What heroin will do/most likely do to you

-takes joy away, be prepared to feel numb and fake happiness for as long as you use.
-turns you into a liar
-turns you into a thief (unless your rich)
-makes you cry the first time you inject when you see blood running down both your arms and you fuck up the only shot you had left.
-is completely exhausting because you never get to rest except for a few hours everyday after you score.
-turns you into a complete slave to drug dealers and to your withdrawals. (eventually the boundaries of what you don't do in order to not be sick become blurry and you find yourself shooting up with toilet water using a dirty needle in a fucking mcdonalds bathroom or some custy shit like that)
-ruins your sex drive
-constipates you
-probably ruins your hygiene
-totally screws over your brain
-is incredibly addictive after just one shot (even though you puke during the first shot) [you would think that would stop us huh]?
-takes your good friends away, or at the least, puts them on hold.
-introduces you to some of the most fucked up people on this planet.
-creates a serious chance of violence occurring in your life
-possibly makes you homeless, and at the least is going to make havoc of your living situation.
-hurts everyone around you because your fucking useless and a constant source of usery.
-possible jail sentence
-did I mention withdrawals? I think withdrawals probably feel like what it feels like in the last 2 weeks before you die of wasting away.
-has a tendency to turn you into a "second class citizen"
-will at least make you a full out beggar once in your life, but probably you will beg often.
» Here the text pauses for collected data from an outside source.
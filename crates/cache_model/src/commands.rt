// What a script may ask for.
use crate::{Key, Lifespan, Value};

/// One action of a background actor.
#[derive(Clone, Copy, Debug, PartialEq, Eq)]
pub enum StepKind {
    /// Applies one waiting request to the index.
    Index,
    /// Writes the first pending change.
    Flush,
    /// Takes one turn of a compaction.
    Compact,
    /// Gives up the held entry that was used least recently.
    Evict,
    /// Gives up the held entry that expired first.
    Reap,
    /// Closes the data file that is being written.
    Rotate,
}

/// What a line of a script asks for.
#[derive(Debug, Drop)]
pub enum Command {
    /// Sets the session's moment. Below 2^61.
    At(u64),
    /// Puts the value under the key.
    Put(Key, Value, Lifespan),
    /// Puts it where the key isn't visible.
    PutAbsent(Key, Value, Lifespan),
    /// Puts it where the key is visible.
    Replace(Key, Value, Lifespan),
    /// Puts it where the key is visible with the wanted value: the key, that value, the new one and its lifespan.
    ReplaceIf(Key, Value, Value, Lifespan),
    Get(Key),
    Has(Key),
    Remove(Key),
    /// Removes the key where it is visible with this value.
    RemoveIf(Key, Value),
    /// How many keys are visible.
    Size,
    /// Which keys are visible.
    Keys,
    /// Removes every visible key.
    Clear,
    Step(StepKind),
    /// Gives up the key's entry in memory. The plain map stays.
    Evict(Key),
    /// Writes and syncs all that waits.
    Sync,
    /// Compacts each data file.
    CompactAll,
    /// Compacts the data file of this number.
    CompactFile(u32),
    Stats,
    Export,
    /// Ends the session as the end of the script does.
    Stop,
    /// Ends it at once, with nothing more written.
    Halt,
}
If even its begging for a ride.

The list goes on... I personally have had everyone of these things happen to me :/ (not shooting toilet water though :P ) and I am not really an exception to the rule or anything.. Just normal junky lifestyle really...

SHOW HIM THIS!!


I agree with a lot of this post, but several of these are unfair stereotypes and generalizations. In a few months it'll be 5 years since I first did heroin and I've never stolen, been homeless, or dealt with any sort of violence (knock on wood).

I've never even gotten constipated from it before, though I know a lot of other people have.


This is getting way ahead of everything though. Based on what the OP said, he has never even used heroin before, so her BF being a crazy strung out junky is still fairly far off.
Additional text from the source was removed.